Just several weeks ago, Dart said, "I can't see anything that could stop me" from running for mayor.
But when there was no announcement for several weeks after Mayor Daley announced he wouldn't seek a seventh term – and there were indications Dart was going back and forth about a bid for mayor – one might have suspected he'd seen something new.
Then there was the body language of Dart and aides as they approached reporters outside Cook County Jail Wednesday morning. They didn't exactly display the dress or demeanor of a campaign team ready for the fight of its life or one that had spent the last two months gearing up for one.
When asked if his decision not to run meant "clear sailing" for another candidate such as Rahm Emanuel, Dart said the voters would make up their own minds.
"The voters are very shrewd, and they're not going to have anybody tell them, 'This is who to vote for,'" he said.
Dart also said he does not plan to endorse any candidate.
Chicago being Chicago, there are some who question whether family concerns are really the reason for Dart's decision. But whatever the reason, Dart is out and that's certain to set off a mad scramble of candidates for his considerable base of supporters.
"I think the scramble is definitely on.

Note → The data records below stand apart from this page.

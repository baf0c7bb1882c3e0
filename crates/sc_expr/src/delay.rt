ghost use Rattle.std.specs.Prelude.{◌≡◌, ◌<◌, ◌≤◌, ◌^◌, length, IfSome, IsTrue};
ghost use Rattle.std.specs.List.{prefix_len};
ghost use Rattle.sc_base.specs.Text.{is_digit};
ghost use Rattle.sc_types.specs.Delays.{are_digits, delay_of, limited, milliseconds, seconds, seconds_of, whole_seconds, fraction_seconds};
ghost use Rattle.sc_expr.specs.Numbers.{short_number};

use crate::number::read_digits;

/// The longest delay, in milliseconds.
const LONGEST: u64 = 1_000_000_000_000;

/// The milliseconds of a delay as `10ms`, `1.5s` or `.5s`; `None` exactly where the text is none. It takes no
/// memory.
#[tactic(auto, unfolding(sc_types::specs::Delays::delay_of))]
pub fn read_delay(text: &[u8]) -> Option<u64>
    ensures { result ≡ delay_of text.now }
{
    if text.ends_with(b"ms") {
        return milliseconds(&text[..text.len() - 2]);
    }
    if text.ends_with(b"s") {
        return seconds(&text[..text.len() - 1]);
    }
    None
}

fn limited(delay: u64) -> Option<u64>
    ensures { result ≡ limited delay }
{
    if delay <= LONGEST { Some(delay) } else { None }
}

fn milliseconds(text: &[u8]) -> Option<u64>
    ensures { result ≡ milliseconds text.now }
{
    if text.is_empty() || text.len() > 13 {
        return None;
    }
    limited(short_number(text)?)
}

/// The number of digits, of which there may be none; `None` where another byte stands among them.
fn short_number(text: &[u8]) -> Option<u64>
    requires { length text.now ≤ 13 }
    ensures value { result ≡ short_number text.now }
    ensures bound { IfSome result (λ n. n < 10 ^ 13) }
{
    if text.is_empty() {
        Some(0)
    } else {
        read_digits(text)
    }
}

#[tactic(auto, using(crate::proofs::RunLemmas::front))]
fn seconds(text: &[u8]) -> Option<u64>
    ensures { result ≡ seconds text.now }
{
    let length = digits_len(text);
    seconds_of(&text[..length], &text[length..])
}

#[tactic(auto, using(crate::proofs::RunLemmas::front))]
fn digits_len(text: &[u8]) -> usize
    ensures { result ≡ prefix_len is_digit text.now }
{
    text.iter().take_while(|b| b.is_ascii_digit()).count()
}

fn seconds_of(whole: &[u8], behind: &[u8]) -> Option<u64>
    requires { IsTrue (are_digits whole.now) }
    ensures { result ≡ seconds_of whole.now behind.now }
{
    match behind {
        [] => whole_seconds(whole),
        [first, fraction @ ..] => {
            if *first == b'.' {
                fraction_seconds(whole, fraction)
            } else {
                None
            }
        }
    }
}

fn whole_seconds(whole: &[u8]) -> Option<u64>
    requires { IsTrue (are_digits whole.now) }
    ensures { result ≡ whole_seconds whole.now }
{
    if whole.is_empty() || whole.len() > 13 {
        return None;
    }
    limited(short_number(whole)? * 1000)
}

fn fraction_seconds(whole: &[u8], fraction: &[u8]) -> Option<u64>
    requires { IsTrue (are_digits whole.now) }
    ensures { result ≡ fraction_seconds whole.now fraction.now }
{
    if whole.len() > 13 || fraction.is_empty() || fraction.len() > 3 {
        return None;
    }
    let thousandths = short_number(fraction)? * power_of_ten(3 - fraction.len());
    limited(short_number(whole)? * 1000 + thousandths)
}

fn power_of_ten(exponent: usize) -> u64
    requires { exponent < 3 }
    ensures value { result ≡ 10 ^ exponent }
    ensures bound { result ≤ 100 }
{
    match exponent {
        0 => 1,
        1 => 10,
        _ => 100,
    }
}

And it's certainly on, especially amongst the old guard white ethnics who still are in the City Council," said Mike Noonan, chief strategist for likely candidate Carol Moseley Braun.
"I think everybody's going to be interested in speaking to the voters who might have been inclined to support Tom Dart," said Carol Moseley Braun.
"Tom and I are both from the South Side, I think that that meant that we were probably vying for some of the same support in some of the same places," said Gery Chico.
Dart's departure leaves Emanuel the remaining 800-pound gorilla in the race, and many wondering why Dart did an abrupt 180 after all but promising to run.
"With the money and the power that Rahm's commanding and the still-crowded field, maybe he just felt like he needed to sit back and wait," said Esther Cepeda of Chicago Sun-Times.
When asked if he scared Dart away, Emanuel replied, "I don't think you can scare Tom Dart away."
Emanuel – with three children between 10 and 13 – said he understood what Dart was going through.
"I take Tom Dart at his absolute word and you should honor that and respect that, knowing full well he had a serious gut check on that," Emanuel said.
"Maybe Tom just didn't have the fire in the belly for this fight at this time," said Dan Proft. "To me, that seems plausible."
Whether it was fire in the belly or family pressure, the result is the same: a clearer path for Emanuel, and perhaps new life for Gery Chico and other candidates, who might not have stood a chance in a Dart-Emanuel race.
CBS 2 Political Producer Ed Marshall contributed to this report.